Apropos Titten. Es gab ja einen ziemlichen Tidenhub an der Elbe. "Land unter in Deutschland". Aber mal ganz ehrlich: War das nicht ein wenig zu auffällig eingefädelt von der SPD? Gerade hatte man noch Bundespräser Johannes Rau reanimieren müssen, nachdem der ins Wachkoma gefallen war, als er erfahren hat, dass man fürs Fliegen normalerweise bezahlen muss, Cem Özdemir hat seinen Strohhut genommen (wir weisen dabei gleich auf unsere Besprechung der "Romeo & Julia"-CD vom grünen Ex-Vorzeigemann hin - er hat jetzt eine zweite Karriere dringend nötig) und PDS-Fronti Gregor Gysi hat sich in seinen Stasi-Akten-Bunker zurückgezogen - da steigt plötzlich mitten im schönsten Skandal-Highnoon das Wasser und mit ihm der bereits abgewählt geglaubte Kanzler aus dem Umfragetief. Die CDU sieht natürlich gleich ihre Felle davonschwimmen. Immerhin haben wir jetzt den Beweis: Die Stammtisch-Experten hatten schon immer recht - Erdbeben, Hochwasser, Explosionen in Atomkraftwerken, die ganzen Ausländer und all der üble Gestank kommen von den Sozis (schon unser aller Vorbild Rudi Carell sang ja seinerzeit schon "und schuld ist nur die SPD"). Ist die "Jahrhundertflut" also in Wirklichkeit nur die Tränenflut Schröders, der die bittere Wahrheit des eigenen Versagens zur Kenntnis genommen hat? 1998 nach der furiosen Wahl des Meisters der Haarfärbekunst hat der damals noch echte "Braune" herausgeblubbert, "wenn wir es nicht schaffen, die Arbeitslosigkeit signifikant zu senken, haben wir es nicht verdient, wiedergewählt zu werden." Tja, so schlimm können die Folgen von Alzheimer sein: Heute erinnert sich bei den SPD-Granden an diesen Satz keiner mehr. Also: Der Kanzler weint und die Elbanrainer müssen Sandsäcke schleppen - Danke SPD!

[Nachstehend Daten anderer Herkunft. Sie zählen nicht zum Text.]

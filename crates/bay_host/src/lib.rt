//! Folders of the system as cards and drives, and standard output.
//!
//! What a real folder holds is not known to a contract, so nothing is told here of contents and
//! calls: only that each failed call was counted for its device, and that no other count changed.
#![tactic(auto)]

mod folder;
mod host_bay;
mod host_drive;
#[cfg(test)]
mod link_tests;
mod open_folder;
#[cfg(test)]
mod tests;

pub use host_bay::HostBay;
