use crate::HostBay;
use bay_core::{Bay, Failed};
use std::fs;
use std::os::unix::fs::symlink;
use std::test::Fail;

const DRIVE: &str = "bay_host_test_drive";

const CARD: &str = "bay_host_test_card";

#[test]
fn writes_reads_and_syncs(rt: HostRuntime) -> Result<(), Fail> {
    let _ = fs::remove_dir_all(&rt, DRIVE);
    fs::create_dir(&rt, DRIVE)?;
    let mut bay = HostBay::new(rt.clone()?, rt.alloc());
    assert_eq!(rt; bay.attach_drive("bay_host_test_drive/absent"), Err(Failed));
    let d = bay.attach_drive(DRIVE)?;
    let mut got = [0; 8];
    assert_eq!(rt; bay.drive_read(d, "a/b.mov", 0, &mut got), Ok(None));
    assert_eq!(rt; bay.write(d, "a/b.mov", 2, b"xyz"), Ok(()));
    assert_eq!(rt; bay.drive_read(d, "a/b.mov", 0, &mut got), Ok(Some(5)));
    assert_eq!(rt; got, *b"\0\0xyz\0\0\0");
    assert_eq!(rt; bay.write(d, "a/b.mov", 0, b"vw"), Ok(()));
    assert_eq!(rt; bay.drive_read(d, "a/b.mov", 1, &mut got), Ok(Some(4)));
    assert_eq!(rt; &got[..4], b"wxyz".as_slice());
    assert_eq!(rt; bay.write(d, "zeros", 4, b""), Ok(()));
    assert_eq!(rt; fs::metadata(&rt, "bay_host_test_drive/zeros")?.len(), 4);
    assert_eq!(rt; bay.sync(d), Ok(()));
    fs::remove_dir_all(&rt, DRIVE)?;
    Ok(())
}

#[test]
fn renames_lists_and_removes(rt: HostRuntime) -> Result<(), Fail> {
    let folder = "bay_host_test_names";
    let _ = fs::remove_dir_all(&rt, folder);
    fs::create_dir(&rt, folder)?;
    let mut bay = HostBay::new(rt.clone()?, rt.alloc());
    let d = bay.attach_drive(folder)?;
    assert_eq!(rt; bay.write(d, "a/b.mov", 0, b"xyz"), Ok(()));
    assert_eq!(rt; bay.rename(d, "a/b.mov", "c/d/e.mov"), Ok(()));
    assert_eq!(rt; bay.sync(d), Ok(()));
    let mut got = [0; 4];
    assert_eq!(rt; bay.drive_read(d, "a/b.mov", 0, &mut got), Ok(None));
    assert_eq!(rt; bay.drive_read(d, "c/d/e.mov", 1, &mut got), Ok(Some(2)));
    assert_eq!(rt; got, *b"yz\0\0");
    fs::write(&rt, "bay_host_test_names/top", b"1".as_slice())?;
    symlink(&rt, "top", "bay_host_test_names/link")?;
    let files = bay.drive_list(rt.alloc(), d)?;
    assert_eq!(rt; files.len(), 2);
    assert!(rt;
        files
            .iter()
            .any(|f| f.path.as_str() == "c/d/e.mov" && f.size == 3)
    );
    assert!(rt;
        files
            .iter()
            .any(|f| f.path.as_str() == "top" && f.modified > 1_600_000_000)
    );
    assert_eq!(rt; bay.remove(d, "c/d/e.mov"), Ok(()));
    assert_eq!(rt; bay.drive_read(d, "c/d/e.mov", 0, &mut got), Ok(None));
    assert_eq!(rt; bay.remove(d, "c/d/e.mov"), Ok(()));
    assert_eq!(rt; bay.sync(d), Ok(()));
    assert_eq!(rt; bay.rename(d, "c/d/e.mov", "f"), Err(Failed));
    fs::remove_dir_all(&rt, folder)?;
    Ok(())
}

#[test]
fn reads_a_card(rt: HostRuntime) -> Result<(), Fail> {
    let _ = fs::remove_dir_all(&rt, CARD);
    fs::create_dir(&rt, CARD)?;
    fs::write(&rt, "bay_host_test_card/clip", b"clip".as_slice())?;
    let mut bay = HostBay::new(rt.clone()?, rt.alloc());
    assert_eq!(rt; bay.attach_source("bay_host_test_card/clip"), Err(Failed));
    let s = bay.attach_source(CARD)?;
    let mut got = [0; 3];
    assert_eq!(rt; bay.source_read(s, "clip", 0, &mut got), Ok(3));
    assert_eq!(rt; got, *b"cli");
    assert_eq!(rt; bay.source_read(s, "clip", 4, &mut got), Ok(0));
    assert_eq!(rt; bay.source_read(s, "absent", 0, &mut got), Err(Failed));
    let files = bay.source_list(rt.alloc(), s)?;
    assert_eq!(rt; files.len(), 1);
    assert!(rt; bay.moment() > 1_600_000_000);
    let first = bay.pick();
    assert!(rt; bay.pick() != first);
    assert_eq!(rt; bay.say(b"said"), Ok(()));
    fs::remove_dir_all(&rt, CARD)?;
    Ok(())
}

Hoffenlich verwässert das nicht den Wahlkampf. Nun, einen solchen gibt es ja eigentlich traditionell nicht mehr, also alles egal.

Was macht ein Volk mit seinem tollen Wahlrecht, wenn zur Auswahl nur Luschen und Blindschleichen stehen. Wenn man das Angebot der Stoibers, Schröders und Fischers anschaut und dann auch noch unsere gute Frau Guido Westerwelle dazunimmt: Da könnten wir ja gleich Berti Vogts wieder zum Bundestrainer machen und Daum zum Kanzler wählen.

Aber, was solls: Am 22. September ist Bundestagswahl, man kann es drehen und wenden, wie man will. Also: Augen zu und durch!